Here’s the full text of Chase’s letter:

    Inasmuch as the sole power to try impeachments is vested by the Constitution in the Senate, and it is made the duty of the Chief Justice to preside when the President is on trial, I take the liberty of submitting, very respectfully, some observations in respect to the proper mode of proceeding upon the impeachment which has been preferred by the House of Representatives against the President, now in office.
    That when the Senate sits for the trial of an impeachment it sits as a Court, seems unquestionable.
    That, for the trial of an impeachment of the President, this Court must be constituted of the members of the Senate, with the Chief Justice presiding, seems equally unquestionable.
    The Federalist is regarded as the highest contemporary authority on the construction of the Constitution and in the sixty-fourth number the functions of the Senate ‘‘sitting in their judicial capacity as a court for the trial of impeachments’’ are examined.
    In a paragraph explaining the reasons for not uniting ‘‘the Supreme Court with the Senate in the formation of the court of impeachments’’ it is observed that ‘‘to a certain extent the benefits of that union will be obtained from making the Chief Justice of the Supreme Court the President of the Court of Impeachments, as is proposed in the plan of the convention, while the inconveniences of an entire incorporation of the former into the latter will be substantially avoided. This was, perhaps, the prudent mean.’’
    This authority seems to leave no doubt upon either of the propositions just stated.
    And the statement of them will serve to introduce the question upon which I think it my duty to state the result of my reflections to the Senate, namely, At what period, in the case of an impeachment of the President, should the Court of Impeachment be organized under oath as directed by the Constitution?
    It will readily suggest itself to anyone who reflects upon the abilities and the learning in the law which distinguish so many Senators, that besides the reason assigned in the Federalist, there must have been still another for the provision requiring the Chief Justice to preside in the Court of Impeachment.
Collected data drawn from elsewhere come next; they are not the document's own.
pub const PORT: &str = "\
81 Port 0
  An access failed, or a function of the plan isn't there. Nothing was written.
  Do: Find out which. If all functions are there, the same plan may be applied
    again.
81 Port n
  An access failed, or a function of the plan isn't there, after n writes.
  Do: See \"After a stop in the middle\".
  docs/APPLYING.md says more.
";

pub const STUCK: &str = "\
82 Stuck n
  The n-th write was made and reads back otherwise. No more were made.
  Do: Look at the probe, or the function. Then take a new dump and probe, and
    plan anew.
  docs/APPLYING.md says more.
";
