//! The program's tasks with the first growth refused, then with the second, and so on until no refusal is met.
use crate::program::{Answer, run_by, run_task};
use pci_tree::roots::Roots;
use pciplan_tasks::task::Task;
use std::alloc::Global;
use std::test::Fail;
use test_support::board::Texts;
use test_support::refusing::{MANY, Refusing};
use test_support::samples::samples;

/// Whether two runs left the same.
fn is_same(got: &Answer, wanted: &Answer) -> bool {
    got.status == wanted.status && got.out == wanted.out && got.err == wanted.err
}

/// Whether a run says want of memory and nothing else.
fn is_want_of_memory(got: &Answer) -> bool {
    got.status == 3 && got.out.is_empty() && got.err.as_slice() == b"pciplan: 2 Memory\n".as_slice()
}

/// Whether a task that is refused a growth, whichever it is, says just that, and else what it says with memory.
pub fn is_refused_in_turn(alloc: Global, task: &Task, texts: &Texts) -> bool {
    let whole = run_task(alloc, task, texts.dump.as_str(), texts.probe.as_str());
    let heap = Refusing::new(alloc);
    for n in 1..MANY {
        heap.refuse(n);
        let got = run_by(
            alloc,
            &heap,
            task,
            texts.dump.as_str(),
            texts.probe.as_str(),
        );
        if heap.is_due() {
            return 1 < n && is_same(&got, &whole);
        }
        if !is_want_of_memory(&got) {
            return false;
        }
    }
    false
}

/// The same of a listing, a verdict and a probe.
fn are_refused_in_turn(alloc: Global, texts: &Texts) -> bool {
    let roots = Roots::host();
    is_refused_in_turn(alloc, &Task::Show, texts)
        && is_refused_in_turn(alloc, &Task::Check { roots }, texts)
        && is_refused_in_turn(alloc, &Task::Size, texts)
}

#[test]
fn a_task_that_is_refused_a_growth_says_just_that(rt: HostRuntime) -> Result<(), Fail> {
    for (texts, _) in samples(rt.alloc())? {
        assert!(rt; are_refused_in_turn(rt.alloc(), &texts));
    }
    Ok(())
}
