//! Reading and admitting, with the first growth refused, then with the second, and so on until no refusal is met.
use crate::turn::{Turn, turn_by_fault, turn_of};
use pci_base::memory::{OutOfMemory, Refused};
use pci_dump::block::Block;
use pci_dump::dump::Dump;
use pci_dump::reader::read_dump;
use pci_dump::std_streams::Incoming;
use pci_machine::machine::Machine;
use pci_tree::admit::admit;
use pci_tree::survey::Survey;
use std::alloc::Global;
use std::test::Fail;
use test_support::board::Texts;
use test_support::refusing::{MANY, Refusing};
use test_support::samples::samples;

/// The dump of a text.
fn read<'a>(heap: &'a Refusing<Global>, text: &str) -> Option<Dump<&'a Refusing<Global>>> {
    read_dump(heap, &mut Incoming::new(text.as_bytes())).ok()
}

/// The dump and the probe of two texts, read with no growth refused.
pub fn both<'a>(
    heap: &'a Refusing<Global>,
    texts: &Texts,
) -> Option<(Dump<&'a Refusing<Global>>, Dump<&'a Refusing<Global>>)> {
    heap.refuse(0);
    let dump = read(heap, texts.dump.as_str())?;
    let probe = read(heap, texts.probe.as_str())?;
    Some((dump, probe))
}

/// A call on two texts.
#[derive(Clone, Copy)]
enum Call {
    ReadDump,
    ReadProbe,
    MachineOf,
    Admit,
}

/// The number of the fault that a call ends with whose n-th growth is refused.
fn fault_of(heap: &Refusing<Global>, n: u64, texts: &Texts, call: Call) -> Option<u8> {
    match call {
        Call::ReadDump => read_fault(heap, n, texts.dump.as_str()),
        Call::ReadProbe => read_fault(heap, n, texts.probe.as_str()),
        Call::MachineOf => machine_fault(heap, n, texts),
        Call::Admit => admit_fault(heap, n, texts),
    }
}

/// The number of the fault that reading a text ends with.
fn read_fault(heap: &Refusing<Global>, n: u64, text: &str) -> Option<u8> {
    heap.refuse(n);
    match read_dump(heap, &mut Incoming::new(text.as_bytes())) {
        Ok(_) => None,
        Err(fault) => Some(fault.number()),
    }
}

/// The number of the fault that making a machine ends with; 0 where the texts can't be read.
fn machine_fault(heap: &Refusing<Global>, n: u64, texts: &Texts) -> Option<u8> {
    let Some((dump, probe)) = both(heap, texts) else {
        return Some(0);
    };
    heap.refuse(n);
    machine_fault_of(heap, &dump, &probe)
}

/// The same of a dump and its probe.
fn machine_fault_of<'a>(
    heap: &'a Refusing<Global>,
    dump: &Dump<&'a Refusing<Global>>,
    probe: &Dump<&'a Refusing<Global>>,
) -> Option<u8> {
    let refused = match Machine::of(heap, dump, probe) {
        Ok(_) => return None,
        Err(refused) => refused,
    };
    match refused {
        Refused::Memory => Some(OutOfMemory.number()),
        Refused::Fault(fault) => Some(fault.number()),
    }
}

/// The number of the fault that admitting ends with; 0 where the texts can't be read.
fn admit_fault(heap: &Refusing<Global>, n: u64, texts: &Texts) -> Option<u8> {
    let Some((dump, probe)) = both(heap, texts) else {
        return Some(0);
    };
    heap.refuse(n);
    let refused = match admit(heap, dump, probe) {
        Ok(_) => return None,
        Err(refused) => refused,
    };
    match refused {
        Refused::Memory => Some(OutOfMemory.number()),
        Refused::Fault(fault) => Some(fault.number()),
    }
}

/// How many growths of a call are refused in turn.
fn refusals_of_call(heap: &Refusing<Global>, texts: &Texts, call: Call) -> u64 {
    for n in 1..MANY {
        let fault = fault_of(heap, n, texts, call);
        if let Some(refused) = turn_by_fault(heap.is_due(), fault).end(n) {
            return refused;
        }
    }
    MANY
}

#[test]
fn each_growth_of_reading_and_admitting_is_refused(rt: HostRuntime) -> Result<(), Fail> {
    let heap = Refusing::new(rt.alloc());
    for (texts, _) in samples(rt.alloc())? {
        for call in [
            Call::ReadDump,
            Call::ReadProbe,
            Call::MachineOf,
            Call::Admit,
        ] {
            let refused = refusals_of_call(&heap, &texts, call);
            assert!(rt; 0 < refused && refused < MANY, "{refused}");
        }
    }
    Ok(())
}

/// Whether a block is pushed, or its push is refused, leaves the dump as it was and then is done again.
fn is_pushed(
    heap: &Refusing<Global>,
    dump: &mut Dump<&Refusing<Global>>,
    front: &[Block],
    block: &Block,
) -> bool {
    let was_due = heap.is_due();
    let pushed = dump.push(block.copy());
    if !was_due || heap.is_due() {
        return pushed == Ok(());
    }
    pushed == Err(Refused::Memory) && dump.blocks() == front && dump.push(block.copy()) == Ok(())
}

/// The turn of pushing blocks where the n-th growth is refused.
fn turn_of_pushes(heap: &Refusing<Global>, blocks: &[Block], n: u64) -> Turn {
    heap.refuse(n);
    let mut dump = Dump::empty(heap);
    for i in 0..blocks.len() {
        if !is_pushed(heap, &mut dump, &blocks[..i], &blocks[i]) {
            return Turn::Wrong;
        }
    }
    turn_of(heap.is_due(), dump.blocks() == blocks)
}

/// How many growths of pushing a text's blocks are refused in turn.
fn refusals_of_pushes(heap: &Refusing<Global>, text: &str) -> u64 {
    heap.refuse(0);
    let Some(whole) = read(heap, text) else {
        return MANY;
    };
    for n in 1..MANY {
        if let Some(refused) = turn_of_pushes(heap, whole.blocks(), n).end(n) {
            return refused;
        }
    }
    MANY
}

#[test]
fn a_refused_push_leaves_the_dump_as_it_was(rt: HostRuntime) -> Result<(), Fail> {
    let heap = Refusing::new(rt.alloc());
    for (texts, _) in samples(rt.alloc())? {
        let refused = refusals_of_pushes(&heap, texts.dump.as_str());
        assert!(rt; 0 < refused && refused < MANY, "{refused}");
    }
    Ok(())
}

/// Whether a function is added to a survey once a growth for it was refused.
fn is_added_again(heap: &Refusing<Global>, block: &Block, read_back: &Block) -> bool {
    let mut survey = Survey::new(heap);
    heap.refuse(1);
    survey.add(block, read_back) == Err(OutOfMemory) && survey.add(block, read_back) == Ok(())
}

/// Whether each of two texts' functions is.
fn are_added_again(heap: &Refusing<Global>, texts: &Texts) -> bool {
    let Some((dump, probe)) = both(heap, texts) else {
        return false;
    };
    let mut are_added = true;
    for (block, read_back) in dump.blocks().iter().zip(probe.blocks()) {
        are_added = is_added_again(heap, block, read_back) && are_added;
    }
    are_added
}

#[test]
fn a_refused_add_leaves_the_survey_as_it_was(rt: HostRuntime) -> Result<(), Fail> {
    let heap = Refusing::new(rt.alloc());
    for (texts, _) in samples(rt.alloc())? {
        assert!(rt; are_added_again(&heap, &texts));
    }
    Ok(())
}
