//! Deriving a probe where a read, a write or a growth fails.
use crate::failing::{leaves_beginnings, with_failing_read};
use crate::program::Answer;
use crate::refused_tasks::is_refused_in_turn;
use pci_machine::assuming::Assuming;
use pciplan_tasks::task::Task;
use std::alloc::{AllocError, Global};
use std::fmt::Write;
use std::test::Fail;
use test_support::board::{Texts, device, texts_of};

/// A probe in which read backs may be assumed.
fn task() -> Task {
    Task::Probe {
        assuming: Assuming::Disabled,
    }
}

/// Appends a block of sizes, with its first line.
fn push_sizes(text: &mut String, slot: &str, first: &str) -> Result<(), AllocError> {
    writeln!(text, "{slot}")?;
    writeln!(text, "{first}")?;
    for _ in 0..6 {
        writeln!(text, "0x{:016x} 0x{:016x} 0x{:016x}", 0, 0, 0)?;
    }
    writeln!(text, "")
}

/// A dump of two functions, of one of which a size is told, and the sizes in the place of its probe.
fn example(alloc: Global) -> Result<Texts, AllocError> {
    let board = [
        device("00:01.0", 2, &[(0x10, 0xfebc_0000, 0)]),
        device("00:02.0", 0, &[(0x30, 0xe000_0000, 0)]),
    ];
    let dump = texts_of(alloc, &board)?.dump;
    let mut probe = String::new(alloc);
    let told = "0x00000000febc0000 0x00000000febdffff 0x0000000000040200";
    let none = "0x0000000000000000 0x0000000000000000 0x0000000000000000";
    push_sizes(&mut probe, "00:01.0", told)?;
    push_sizes(&mut probe, "00:02.0", none)?;
    Ok(Texts { dump, probe })
}

#[test]
fn a_probe_that_is_refused_a_growth_says_just_that(rt: HostRuntime) -> Result<(), Fail> {
    let texts = example(rt.alloc())?;
    assert!(rt; is_refused_in_turn(rt.alloc(), &task(), &texts));
    leaves_beginnings(rt.alloc(), &task(), &texts, 7, &[0, 1, 100, 300])
}

/// Whether a run whose read failed tells that and nothing else, and another one the read back that it assumed.
fn is_told(got: &Answer, message: &[u8]) -> bool {
    match got.status {
        4 => got.out.is_empty() && got.err.as_slice() == message,
        0 => got.err.as_slice() == b"pciplan: assumed 00:02.0 30\n".as_slice(),
        _ => false,
    }
}

/// Whether that is so where a read of either text fails, and then whether it is the sizes of which one failed.
fn is_told_of_both(alloc: Global, texts: &Texts, at: u64) -> (bool, bool) {
    let dump = with_failing_read(alloc, &task(), texts, at, 0);
    let sizes = with_failing_read(alloc, &task(), texts, 0, at);
    let are_told = is_told(&dump, b"pciplan: dump: 1 Io\n".as_slice())
        && is_told(&sizes, b"pciplan: sizes: 1 Io\n".as_slice());
    (are_told, sizes.status == 4)
}

#[test]
fn a_probe_is_derived_of_what_can_be_read(rt: HostRuntime) -> Result<(), Fail> {
    let texts = example(rt.alloc())?;
    let mut failed = 0u64;
    for at in 1..9u64 {
        let (are_told, is_failed) = is_told_of_both(rt.alloc(), &texts, at);
        assert!(rt; are_told, "{at}");
        if is_failed {
            failed = at;
        }
    }
    assert!(rt; 1 < failed && failed < 8, "{failed}");
    Ok(())
}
Under the Constitution, in case of a vacancy in the office of President, the Vice President succeeds and it was doubtless thought prudent and befitting that the next in succession should not preside in a proceeding through which a vacancy might be created.
    It is not doubted that the Senate, while sitting in its ordinary capacity, must necessarily receive from the House of Representatives, some notice of its intention to impeach the President at its bar but it does not seem to me an unwarranted opinion, in view of this constitutional provision, that the organization of the Senate as a Court of Impeachment under the Constitution, should precede the actual announcement of the impeachment on the part of the House.
    And it may perhaps be thought a still less unwarranted opinion that articles of impeachment should only be presented to a Court of Impeachment that no summons or other process should issue except from the organized Court, and that rules for the government of the proceedings of such a Court should be framed only by the Court itself.
    I have found myself unable to come to any other conclusions than these. I can assign no reason for requiring the Senate to organize as a Court under any other than its ordinary presiding officer, for the later proceedings upon an impeachment of the President, which does not seem to me to apply equally to the earlier.
    I am informed that the Senate has proceeded upon other views and it is not my purpose to contest what its superior wisdom may have directed.
    All good citizens will fervently pray that no occasion may ever arise when the grave proceedings now in progress will be cited as a precedent but it is not impossible that such an occasion may come.
    Inasmuch, therefore, as the Constitution has charged the Chief Justice with an important function in the trial of an impeachment of the President, it has seemed to me fitting and obligatory, where he is unable to concur in the views of the Senate, concerning matters essential to the trial, that his respectful dissent should appear.